*What is being asked*. Below are some entries. Repeat exactly the lines from the one with "if out.len() <" through the one with "around a place.", and only those.
>>
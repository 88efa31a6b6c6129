// An f64 as it travels: eight bytes, the lowest first.
#![tactic(auto)]

ghost use Rattle.std.specs.Prelude.{◌≡◌, ◌+◌, ◌≤◌, ◌<◌, length};
ghost use Rattle.std.specs.Float.{binary64};
ghost use Rattle.std.specs.Float.Ieee.{of_bits, to_bits};
ghost use Rattle.wire.specs.Wire.{digits, with_digits, float_at, with_float};

// The number in the eight bytes from at on. It compiles to one eight-byte load.
pub fn word_at(b: &[u8], at: usize) -> u64
    requires { at + 8 ≤ length b.now }
    ensures { result ≡ digits b.now at 8 }
{
    u64::from_le_bytes([
        b[at],
        b[at + 1],
        b[at + 2],
        b[at + 3],
        b[at + 4],
        b[at + 5],
        b[at + 6],
        b[at + 7],
    ])
}

// The eight digits of w to the bytes from at on.
pub fn put_word(b: &mut [u8], at: usize, w: u64)
    requires { at + 8 ≤ length b.old }
    ensures { b.new ≡ with_digits b.old at w 8 }
{
    b[at..at + 8].copy_from_slice(&w.to_le_bytes());
}

// The float of a pattern, and the NaN for each pattern of a NaN.
pub fn float_of(w: u64) -> f64
    ensures { result ≡ of_bits binary64 w }
{
    if w % 0x8000_0000_0000_0000 > 0x7ff0_0000_0000_0000 {
        return 0.0 / 0.0;
    }
    f64::from_bits(w)
}

// The pattern of a float: of every NaN the one, 0x7ff8000000000000.
pub fn pattern_of(x: f64) -> u64
    ensures { result ≡ to_bits binary64 x }
{
    if x != x {
        0x7ff8_0000_0000_0000
    } else {
        f64::to_bits(x)
    }
}

pub fn float_at(b: &[u8], at: usize) -> f64
    requires { at + 8 ≤ length b.now }
    ensures { result ≡ float_at b.now at }
{
    float_of(word_at(b, at))
}

pub fn put_float(b: &mut [u8], at: usize, x: f64)
    requires { at + 8 ≤ length b.old }
    ensures { b.new ≡ with_float b.old at x }
{
    put_word(b, at, pattern_of(x));
}
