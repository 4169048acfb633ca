// What is shown for a place of an input: why its byte was thrown out, in a sentence, and the bytes around
// it.
//
// The call writes at the start of out and answers how many bytes it wrote. Where out is too short for any
// such text, for a place that the input does not have, and for a reason that it cannot have, out stays
// as it is and the answer is 0.
#![tactic(auto)]

pub(crate) mod window;

ghost use Rattle.std.specs.Prelude.{◌≡◌};
ghost use Rattle.text.specs.Put.{gave};
ghost use Rattle.explained.specs.Shown.{shown_of, no_place};

use sentences::no_reason;
use sentences::sentence::sentence;
use text::Writer;
use why::{MOST, Reason};

// Room for all that is shown for a place.
pub const SHOWN: usize = 512;

// The reason of a place in a sentence, and the bytes around the place and wherever else the test at it
// looked.
pub fn shown(input: &[u8], place: usize, reason: Reason, out: &mut [u8]) -> usize
    ensures { gave result out.new ≡ shown_of input.now place reason out.old }
{
    if out.len() < SHOWN {
        return 0;
    }
    if no_place(input, place, reason) {
        return 0;
    }
    let at = sentence(input, place, reason, out, 0);
    let mut writer = Writer { out, at };
    window::windows(&mut writer, input, place, reason);
    writer.at
}

pub(crate) fn no_place(input: &[u8], place: usize, reason: Reason) -> bool
    ensures { result ≡ no_place input.now place reason }
{
    MOST < input.len() || input.len() <= place || no_reason(place, reason)
}
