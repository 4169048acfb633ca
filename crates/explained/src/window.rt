// The bytes around a place.
ghost use Rattle.std.specs.Prelude.{◌≡◌, ◌+◌, ◌≤◌, false};
ghost use Rattle.text.specs.Put.{Puts};
ghost use Rattle.sentences.specs.Sentence.{no_reason};
ghost use Rattle.explained.specs.Window.{tested_of, marked_of, cell_of, cells_of, row_of, window_of, frame_windows, windows_of};

use sentences::parts::{byte_after, labelled};
use text::Writer;
use why::Reason;

// The bytes that a test looked at: `near` of them from a place on, and `far` from 512 later on.
#[derive(Clone, Copy)]
pub struct Tested {
    pub from: usize,
    pub near: usize,
    pub far: usize,
}

impl Tested {
    // What the test at a place looked at, by the reason that it found.
    pub(crate) fn of(place: usize, reason: Reason) -> Tested
        ensures { result ≡ tested_of place reason }
    {
        match reason {
            Reason::Inside(q) => Tested {
                from: q,
                near: 3,
                far: 3,
            },
            Reason::Near(k) => Tested {
                from: place,
                near: usize::from(k) + 1,
                far: 0,
            },
            Reason::Far(k) => Tested {
                from: place,
                near: 3,
                far: usize::from(k) + 1,
            },
            Reason::NotGiven | Reason::Held => Tested {
                from: place,
                near: 0,
                far: 0,
            },
        }
    }

    // Whether it looked at a byte.
    pub(crate) fn marks(self, p: usize) -> bool
        ensures { result ≡ marked_of self p }
    {
        match p.checked_sub(self.from) {
            Some(ahead) => ahead < self.near || (512 <= ahead && ahead - 512 < self.far),
            None => false,
        }
    }
}

// An input, and the bytes of it that a test looked at.
#[derive(Clone, Copy)]
pub(crate) struct View<'a> {
    pub input: &'a [u8],
    pub looked: Tested,
}

pub(crate) fn windows(writer: &mut Writer, input: &[u8], place: usize, reason: Reason)
    requires { (place ≤ 65536) × (no_reason place reason ≡ false) }
    ensures { Puts writer.old writer.new (windows_of input.now place reason) }
{
    let looked = Tested::of(place, reason);
    let view = View { input, looked };
    view.window(writer, place);
    match reason {
        Reason::Inside(q) => view.of_frame(writer, place, q),
        Reason::Far(_) => view.window(writer, place + 512),
        Reason::NotGiven | Reason::Near(_) | Reason::Held => {}
    }
}

impl View<'_> {
    // The other windows for a frame that begins at q.
    pub(crate) fn of_frame(self, writer: &mut Writer, place: usize, q: usize)
        requires { q ≤ 65536 }
        ensures { Puts writer.old writer.new (frame_windows self.entry.input.now self.entry.looked place q) }
    {
        if q != place {
            self.window(writer, q);
        }
        self.window(writer, q + 512);
    }

    pub(crate) fn window(self, writer: &mut Writer, centre: usize)
        requires { centre ≤ 66048 }
        ensures { Puts writer.old writer.new (window_of self.entry.input.now self.entry.looked centre) }
    {
        let from = centre.saturating_sub(6);
        let past = self.input.len().min(centre + 10);
        self.row(writer, from, past.saturating_sub(from));
    }

    pub(crate) fn row(self, writer: &mut Writer, from: usize, n: usize)
        requires { from + n ≤ 200000 }
        ensures { Puts writer.old writer.new (row_of self.entry.input.now self.entry.looked from n) }
    {
        labelled(writer, b"from byte ", from);
        writer.byte(b':');
        self.cells(writer, from, n);
        writer.byte(b'\n');
    }

    pub(crate) fn cells(self, writer: &mut Writer, from: usize, n: usize)
        requires { from + n ≤ 200000 }
        ensures { Puts writer.old writer.new (cells_of self.entry.input.now self.entry.looked from n) }
    {
        for i in 0..n {
            let marked = self.looked.marks(from + i);
            cell(writer, marked, byte_after(self.input, from, i));
        }
    }
}

pub(crate) fn cell(writer: &mut Writer, marked: bool, value: u8)
    ensures { Puts writer.old writer.new (cell_of marked value) }
{
    let (left, right) = if marked { (b'[', b']') } else { (b' ', b' ') };
    writer.byte(left);
    writer.hex(value);
    writer.byte(right);
}
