// The update of a lent status record, as C links it: `radio::export::radio_update` under its own name, in an archive.
//
// `radio` itself is a library of the language, on which others stand, and a crate is one or the other.
#![tactic(auto)]

ghost use Rattle.std.specs.Prelude.{◌≡◌};
ghost use Rattle.radio.specs.Read.{read_of};
ghost use Rattle.radio.specs.Export.{numbered, shown};

use radio_status::record::Status;

#[unsafe(no_mangle)]
pub extern "C" fn radio_update(
    frame: &[u8],
    receivers: usize,
    iq: &mut [i32],
    mic: &mut [i16],
    status: &mut Status,
) -> u32
    ensures { shown result status.new iq.new mic.new ≡ numbered (read_of frame.now receivers iq.old mic.old status.old) }
{
    radio::export::radio_update(frame, receivers, iq, mic, status)
}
<<
*Your response*.
    if out.len() < SHOWN {
        return 0;
    }
    if no_place(input, place, reason) {
        return 0;
    }
    let at = sentence(input, place, reason, out, 0);
    let mut writer = Writer { out, at };
    window::windows(&mut writer, input, place, reason);
    writer.at
}

pub(crate) fn no_place(input: &[u8], place: usize, reason: Reason) -> bool
    ensures { result ≡ no_place input.now place reason }
{
    MOST < input.len() || input.len() <= place || no_reason(place, reason)
}
repository 4169048acfb633ca
filename crates/explained/src/window.rt
// The bytes around a place.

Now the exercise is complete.